I guess I lack sympathy for people who feel they were misled. Even people with no computer knowledge at all can compare the specs found everywhere online to the specs of the machines and get what they need.

But your labels would certainly be more informative.


----------



## RootbeaR (Dec 9, 2006)

Elvandil said:


> I guess I lack sympathy for people who feel they were misled. Even people with no computer knowledge at all can compare the specs found everywhere online to the specs of the machines and get what they need.
> 
> But your labels would certainly be more informative.


How would they know what they need?

Did you know what you would need for "7" last year?


----------



## Elvandil (Aug 1, 2003)

What is needed can be found in 100's of places all over the net. And since 7 isn't out yet, and won't be for quite a while, there are no specs for it yet. But before it is released, that, too, will have specs posted all over the net for anyone who wants to look.


----------



## tomdkat (May 6, 2006)

Elvandil said:


> I guess I lack sympathy for people who feel they were misled. Even people with no computer knowledge at all can compare the specs found everywhere online to the specs of the machines and get what they need.


I completely disagree.
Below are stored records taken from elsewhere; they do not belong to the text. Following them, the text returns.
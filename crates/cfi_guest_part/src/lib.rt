//! What a report says of a guest, and that it is a valid part where the guest has run.
//!
//! Stands on `cfi_model`, `rv_guest`, `cfi_report` and `cfi_valid`; `cfi_guest_run` and `cfi_sim` stand on it. Proved:
//! a part says the guest's own number, log, output, stop, units and steps; a guest that has run over a history whose
//! images are those of a course's policies has a valid part, and shows the policy machine, unit by unit. Only tested:
//! nothing. Open: nothing.
#![tactic(auto)]

pub mod laws;
mod part;

pub use part::part_of;
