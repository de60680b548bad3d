//! Examples of versions, tables and reports, scripts, and device files.

use certificate::{Report, Table, check, is_valid};
use chooser::choose;
use device_texts::{DeviceFile, Event, Line, line_of};
use machine::Fault;
use std::test::Fail;
use version_order::Version;

#[test]
fn versions_are_compared(rt: HostRuntime) -> Result<(), Fail> {
    // example: version_order::Version::parse
    let running = Version::parse("1.9.2+7")?;
    let requested = Version::parse("1.10")?;
    assert!(rt; requested > running);
    assert!(rt; requested.to_string(rt.alloc())?.as_str() == "1.10.0+0");
    // end of example
    Ok(())
}

#[test]
fn a_report_is_checked(rt: HostRuntime) -> Result<(), Fail> {
    // example: checker::check
    // Image 0 requests 2.0.0+0, which needs image 1 at 2.0.0+0. Nothing is requested for image 1.
    let table = Table::parse(
        b"image 0 1.0.0+0 0 0\nrequest 2.0.0+0 0\nneeds 1 2.0.0+0\nimage 1 1.0.0+0 0 0\n",
    )?;
    let right = Report::parse(b"run 0 1.0.0+0\nrun 1 1.0.0+0\nrefuse 0 needs 1 2.0.0+0\n")?;
    let wrong = Report::parse(b"take 0 2.0.0+0\nrun 1 1.0.0+0\n")?;
    assert!(rt; check(&table, &right) && !check(&table, &wrong));
    // end of example
    Ok(())
}

#[test]
fn a_request_is_taken(rt: HostRuntime) -> Result<(), Fail> {
    // example: chooser::choose
    // Image 0 runs 1.0.0+0 and requests 2.0.0+0. The security counters and the floor are 0.
    let table = Table::parse(b"image 0 1.0.0+0 0 0\nrequest 2.0.0+0 0\n")?;
    assert!(rt; is_valid(&table));
    let report = choose(&table);
    assert!(rt; check(&table, &report));
    assert!(rt; report.to_string(rt.alloc())?.as_str() == "take 0 2.0.0+0\n");
    // end of example
    Ok(())
}

#[test]
fn a_line_of_a_script_is_read(rt: HostRuntime) {
    // example: device_texts::line_of
    let (cut, boot) = (line_of(b"cut 3 keep"), line_of(b"boot"));
    assert!(rt; matches!(cut, Some(Line::Cut { write: 3, .. })));
    assert!(rt; matches!(boot, Some(Line::Event(Event::Boot))));
    // Writes are counted from 1.
    assert!(rt; line_of(b"cut 0 keep").is_none());
    // end of example
}

#[test]
fn a_device_file_is_read(rt: HostRuntime) -> Result<(), Fail> {
    // example: device_texts::DeviceFile::read
    // Two images of two sectors each. Without `trial-boots` a trial has one boot.
    let text = b"{\"sector\": 512, \"sectors\": [2, 2], \
        \"vendor-id\": \"886313e1-3b8a-5372-9b90-0c9aee199e5d\", \
        \"class-id\": \"74b0b1ed-70fe-5a24-9102-6a41c2172c6d\"}";
    let device = DeviceFile::read(rt.alloc(), text)?;
    assert!(rt; device.map.images == 2 && device.trial_boots == 1);
    // end of example
    Ok(())
}

#[test]
fn a_fault_has_a_number_and_a_name(rt: HostRuntime) -> Result<(), Fail> {
    // example: machine::Fault::name
    let fault = Fault::RunningDamaged(1);
    assert!(rt; fault.code() == 5 && fault.name() == "RunningDamaged");
    let sentence = format!(in rt.alloc(); "{fault}")?;
    assert!(rt; sentence.as_str() == "the running image 1 is damaged");
    // end of example
    Ok(())
}
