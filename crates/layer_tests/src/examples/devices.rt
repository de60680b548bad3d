//! Examples of a decision and of a device.

ghost use Rattle.flash_model.specs.Blanks.{IsBlankOf};

use crate::device::devices::{PAIR, identity, two_images};
use crate::memory::in_memory;
use boot_core::{Device, provision, run};
use decision::find;
use flash_contents::Finding;
use flash_model::{Flash, MemFlash, Torn};
use machine::{Event, Reply};
use manifest::Identity;
use sector_map::SectorMap;
use std::marker::Brand;
use std::process::Abort;
use std::sync::ledger::{Blank, Ledger};
use std::test::Fail;

/// Runs the examples on a flash that has two images.
fn decide_and_run<L: Ledger>(
    rt: &(impl Abort + AllocGlobal),
    blank: Blank,
    identity: Identity,
) -> Result<(), Fail>
    requires blank { IsBlankOf blank L.name L.parts 2 }
{
    let mut flash = in_memory::<L>(rt, blank, two_images(rt)?);
    find_a_decision(rt, &mut flash)?;
    run_events(rt, flash, identity)
}

#[test]
fn a_device_decides_and_runs(rt: HostRuntime) -> Result<(), Fail> {
    decide_and_run::<Brand>(&rt, Blank::new(2), identity(2))
}

fn find_a_decision<F: Flash>(rt: &impl Abort, flash: &mut F) -> Result<(), Fail> {
    // example: decision::find
    // `flash` has an image in each of two primary slots, and nothing is requested.
    let map = SectorMap::new(512, &[2, 2])?;
    assert!(rt; map.fits(flash));
    let finding = find(flash, &map, 0b00, &[0; 8])?;
    assert!(rt; matches!(&finding, Finding::Decided { report, .. } if report.refusals.is_empty()));
    // end of example
    Ok(())
}

fn run_events<L: Ledger>(
    rt: &(impl Abort + AllocGlobal),
    mut flash: MemFlash<L>,
    identity: Identity,
) -> Result<(), Fail> {
    // example: boot_core::run
    // `flash` is a `MemFlash` with an image in each of two primary slots. `PAIR` is a manifest for
    // `identity`, the vendor, the class and the number of images of the device.
    let map = SectorMap::new(512, &[2, 2])?;
    assert!(rt; identity.images == map.images && map.fits(&flash));
    provision(&mut flash, &map)?;
    // Power fails in write 7, while the device accepts the manifest.
    flash.arm(7, Torn::Half)?;
    let mut device = Device::new(flash, map, identity);
    device.reset();
    let events = [Event::Boot, Event::Accept(PAIR), Event::Boot];
    let replies = run(rt.alloc(), &mut device, &events)?;
    assert!(rt; matches!(replies[0], Reply::Booted { .. }) && replies[1] == Reply::Cut);
    assert!(rt; matches!(replies[2], Reply::Booted { .. }));
    // end of example
    Ok(())
}
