//! Examples of a map, and of calls on a flash: writes, trailers, the log, a swap and an upload.

ghost use Rattle.std.specs.Prelude.{length};
ghost use Rattle.flash_model.specs.Blanks.{IsBlankOf};

use crate::images::{FIRST, FIRST_DIGEST};
use flash_model::{Flash, FlashError, MemFlash, Torn};
use manifest::{Component, Manifest};
use sector_map::{SectorMap, Side, is_within};
use set_log::{State, append, read_state, start};
use slice_flash::{ArmedCut, Left, OverlayFlash, SliceFlash};
use std::marker::Brand;
use std::process::Abort;
use std::sync::ledger::{Blank, Ledger};
use std::test::Fail;
use swap_scratch::{swap_progress, swap_set};
use trailer::{Kind, Magic, clear, read_trailer, request, standing};
use upload::Uploads;

#[test]
fn a_map_has_places(rt: HostRuntime) -> Result<(), Fail> {
    // example: sector_map::SectorMap::new
    // Two images of two sectors of 512 bytes. A trailer of one sector follows each slot.
    let map = SectorMap::new(512, &[2, 2])?;
    assert!(rt; map.images == 2 && map.bytes_in_all() == 8192);
    assert!(rt; map.slot_start(1, Side::Primary) == 1536);
    assert!(rt; map.scratch_start() == 6144);
    // end of example
    Ok(())
}

/// Cuts an erase of a flash in memory, then runs the examples on this flash.
fn cut_in_memory<L: Ledger>(rt: &(impl Abort + AllocGlobal), blank: Blank) -> Result<(), Fail>
    requires blank { IsBlankOf blank L.name L.parts 2 }
{
    // example: flash_model::MemFlash::new
    // 16 erased sectors of 512 bytes. Power fails in the first write, which changes nothing.
    let mut flash = MemFlash::<L>::new(rt.alloc(), blank, 512, 16)?;
    flash.arm(1, Torn::Keep)?;
    let answers = [flash.erase(0), flash.erase(1)];
    assert!(rt; answers == [Err(FlashError::Cut), Err(FlashError::Off)]);
    flash.restart();
    flash.erase(0)?;
    assert!(rt; flash.writes() == 2 && flash.erases() == 1);
    // end of example
    request_an_image(rt, &mut flash)?;
    append_a_state(rt, &mut flash)?;
    upload_an_image(rt, &mut flash)?;
    swap_an_image(rt, &mut flash)
}

/// Cuts a program of a flash over borrowed bytes.
fn cut_in_bytes<L: Ledger>(
    rt: &impl Abort,
    blank: Blank,
    bytes: &mut [u8; 1024],
) -> Result<(), FlashError>
    requires blank { IsBlankOf blank L.name L.parts 2 }
{
    // example: slice_flash::SliceFlash::new
    // `bytes` are two sectors of 512 bytes. Power fails in the second write, which leaves only
    // bytes 0x5a in its range.
    let table = [ArmedCut {
        write: 2,
        left: Left::Bytes(&[0x5a]),
    }];
    let mut flash = SliceFlash::<L>::new(blank, bytes, 512, &table);
    flash.erase(0)?;
    let answer = flash.program(0, &[7; 16]);
    assert!(rt; answer == Err(FlashError::Cut));
    // end of example
    Ok(())
}

fn cut_in_these_bytes(rt: &impl Abort, bytes: &mut [u8; 1024]) -> Result<(), FlashError> {
    cut_in_bytes::<Brand>(rt, Blank::new(2), bytes)
}

/// Records an erase of a flash over bytes that are only read.
fn record_over_bytes<L: Ledger>(
    rt: &impl Abort,
    blank: Blank,
    base: &[u8; 1024],
    journal: &mut [u8; 32],
) -> Result<(), FlashError>
    requires blank { IsBlankOf blank L.name L.parts 3 }
{
    // example: slice_flash::OverlayFlash::new
    // `base` has two sectors of 512 bytes, each byte 7, and `journal` has 32 bytes.
    let mut flash = OverlayFlash::<L>::new(blank, base, 512, journal);
    flash.erase(1)?;
    assert!(rt; flash.used() == 12);
    let answer = flash.program(512, &[7; 24]);
    assert!(rt; answer == Err(FlashError::Cut) && flash.used() == 12);
    flash.restart();
    let mut bytes = [0; 4];
    flash.read(510, &mut bytes)?;
    assert!(rt; bytes == [7, 7, 0xff, 0xff]);
    // end of example
    Ok(())
}

fn record_over_these_bytes(
    rt: &impl Abort,
    base: &[u8; 1024],
    journal: &mut [u8; 32],
) -> Result<(), FlashError> {
    record_over_bytes::<Brand>(rt, Blank::new(3), base, journal)
}

#[test]
fn writes_are_recorded(rt: HostRuntime) -> Result<(), Fail> {
    let mut journal = [0xee; 32];
    record_over_these_bytes(&rt, &[7; 1024], &mut journal)?;
    let mut recorded = [0xee; 32];
    recorded[..12].copy_from_slice(&[1, 0, 0, 0, 0, 2, 0, 0, 0, 2, 0, 0]);
    assert!(rt; journal == recorded);
    Ok(())
}

#[test]
fn writes_are_cut(rt: HostRuntime) -> Result<(), Fail> {
    cut_in_memory::<Brand>(&rt, Blank::new(2))?;
    let mut bytes = [0xff; 1024];
    cut_in_these_bytes(&rt, &mut bytes)?;
    assert!(rt; bytes[..16] == [0x5a; 16] && bytes[16..] == [0xff; 1008]);
    Ok(())
}

fn request_an_image<F: Flash>(rt: &impl Abort, flash: &mut F) -> Result<(), Fail> {
    // example: trailer::request
    // `flash` has at least the 16 sectors of the map.
    let map = SectorMap::new(512, &[2, 2])?;
    assert!(rt; map.images == 2 && map.fits(flash));
    clear(flash, &map, 0, Side::Secondary)?;
    request(flash, &map, 0, Kind::Permanent)?;
    let trailer = read_trailer(flash, &map, 0, Side::Secondary)?;
    assert!(rt; trailer.magic == Magic::Good && trailer.image_ok);
    // end of example
    Ok(())
}

fn append_a_state<F: Flash>(rt: &impl Abort, flash: &mut F) -> Result<(), Fail> {
    // example: set_log::append
    // `flash` has at least the 16 sectors of the map.
    let map = SectorMap::new(512, &[2, 2])?;
    let mut state = State::steady(1, [0; 8]);
    assert!(rt; map.fits(flash) && state.fits(map.images));
    start(flash, &map, &state)?;
    state.sequence = 2;
    append(flash, &map, &state)?;
    assert!(rt; read_state(flash, &map)? == state);
    // end of example
    Ok(())
}

fn swap_an_image<F: Flash>(rt: &impl Abort, flash: &mut F) -> Result<(), Fail> {
    // example: swap_scratch::swap_set
    // `flash` has at least the 16 sectors of the map. A swap takes three steps a sector.
    let map = SectorMap::new(512, &[2, 2])?;
    assert!(rt; map.images == 2 && map.fits(flash) && is_within(&map, 0b01));
    swap_set(flash, &map, 0b01, Side::Primary)?;
    let progress = swap_progress(flash, &map, 0, Side::Primary)?;
    assert!(rt; progress.taken == 6 && progress.steps == 6);
    // end of example
    Ok(())
}

fn upload_an_image<F: Flash>(rt: &impl Abort, flash: &mut F) -> Result<(), Fail> {
    // example: upload::Uploads::accept
    // `flash` has a log whose sequence number is below 3. `FIRST` is an image of 96 bytes.
    let map = SectorMap::new(512, &[2, 2])?;
    assert!(rt; map.images == 2 && map.fits(flash));
    read_state(flash, &map)?;
    let mut manifest = Manifest::default();
    manifest.sequence = 3;
    manifest.components.try_push(Component {
        size: 96,
        digest: FIRST_DIGEST,
        ..Component::default()
    })?;
    let mut uploads = Uploads::new();
    uploads.accept(flash, &map, &manifest)?;
    uploads.piece(flash, &map, 0, &FIRST)?;
    uploads.finish(flash, &map, 0)?;
    assert!(rt; standing(flash, &map, 0)? == Some(Kind::Test));
    // end of example
    Ok(())
}
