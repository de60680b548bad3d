//! Examples of headers, images and manifests.

use crate::device::devices::PAIR;
use crate::images::{FIRST, FIRST_DIGEST};
use image_header::Header;
use image_reading::describe;
use manifest::{Identity, Manifest, class_id, vendor_id};
use std::test::Fail;
use tlv::{ImageSpec, make_image};
use version_order::Version;

#[test]
fn a_header_is_read_back(rt: HostRuntime) -> Result<(), Fail> {
    // example: image_header::Header::read
    let header = Header {
        header_size: 32,
        body_size: 4,
        version: Version::parse("1.2")?,
        ..Header::default()
    };
    let bytes = header.write();
    assert!(rt; bytes[..4] == [0x3d, 0xb8, 0xf3, 0x96]);
    assert!(rt; Header::read(&bytes) == Ok(header));
    // end of example
    Ok(())
}

#[test]
fn an_image_is_described(rt: HostRuntime) -> Result<(), Fail> {
    // example: image_reading::describe
    // `FIRST` is a file of 96 bytes: version 2.0.0+0, which needs image 1 at 2.0.0+0.
    let description = describe(&FIRST)?;
    assert!(rt; description.version.major == 2 && description.length == 96);
    assert!(rt; description.dependencies.len() == 1 && description.dependencies[0].image == 1);
    // end of example
    Ok(())
}

#[test]
fn an_image_is_made(rt: HostRuntime) -> Result<(), Fail> {
    // example: tlv::make_image
    let spec = ImageSpec {
        load_address: 0,
        header_size: 32,
        flags: 0,
        version: Version::parse("1.2.0")?,
        counter: Some(7),
        dependencies: &[],
        groups: &[],
        body: b"ABCD",
    };
    let image = make_image(rt.alloc(), &spec)?;
    let description = describe(image.as_slice())?;
    assert!(rt; description.version == spec.version && description.counter == 7);
    // end of example
    Ok(())
}

#[test]
fn a_manifest_is_read(rt: HostRuntime) -> Result<(), Fail> {
    // example: manifest::Manifest::read
    // `PAIR` is the text of a manifest with sequence number 1 and two files of 96 bytes.
    let vendor = vendor_id("python.org");
    let device = Identity {
        vendor,
        class: class_id(vendor, "bootswap"),
        images: 2,
    };
    let manifest = Manifest::read(rt.alloc(), PAIR, &device)?;
    assert!(rt; manifest.sequence == 1 && manifest.components.len() == 2);
    assert!(rt; manifest.components[0].size == 96);
    // end of example
    assert!(rt; manifest.components[0].digest == FIRST_DIGEST);
    Ok(())
}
Ok, not completely since I won't comment on your lack of sympathy but I disagree on the rest of it. 

Someone with no computer knowledge who walks through the computer section of BestBuy will see the "Vista capable" logo and buy the machine if the price is right. Not only will they NOT read online specs, they might not understand ANY specs they read at all. In some cases, they will call their "computer person" or bring that person with them to help them find a "good" computer. I wouldn't be surprised if some "computer people" would not have scrutinized the specs to determine which versions of Vista that machine was actually capable of running.

My agreement with Microsoft stems from "Vista capable" doesn't necessarily mean ALL versions of Vista are supported. I also think Microsoft could have and should have been more clear on this.

Peace...


----------



## dustyjay (Jan 24, 2003)

I agree that "Vista Capable" does not mean it is necessarily capable of running all versions of Vista. The same as Designed for Windows XP did not mean it would be able to run all versions of Windows XP (XP 64bit in point). But were the courts to follow through with this, should not the Computer Manufacturers who made and sold the computers play a part in any possible redress of wrongs along with Microsoft? After all they were the ones that placed the sticker on the computer in hopes of increasing their own revenues.


----------



## Elvandil (Aug 1, 2003)

That may all be true, but I still think people are responsible for what they buy. They would never behave this way when buying an automobile. They would look and compare and get the best deal, even if they were unfamiliar with all the terminology. Let the buyer beware.

If they can't do the same with computers, perhaps they need psychologists more than a computer.


----------



## RootbeaR (Dec 9, 2006)

Elvandil said:


> And since 7 isn't out yet, and won't be for quite a while, there are no specs for it yet.


That was my point.



RootbeaR said:


> "Vista upgradeable" PCs had been sold in the United States between April 2006 (when the Vista Capable Campaign began) through to January 2007 (*when Vista hit the market* and the marketing campaign ended).[/url]


----------



## RootbeaR (Dec 9, 2006)

dustyjay said:


> I agree that "Vista Capable" does not mean it is necessarily capable of running all versions of Vista. The same as Designed for Windows XP did not mean it would be able to run all versions of Windows XP (XP 64bit in point). But were the courts to follow through with this, should not the Computer Manufacturers who made and sold the computers play a part in any possible redress of wrongs along with Microsoft? After all they were the ones that placed the sticker on the computer in hopes of increasing their own revenues.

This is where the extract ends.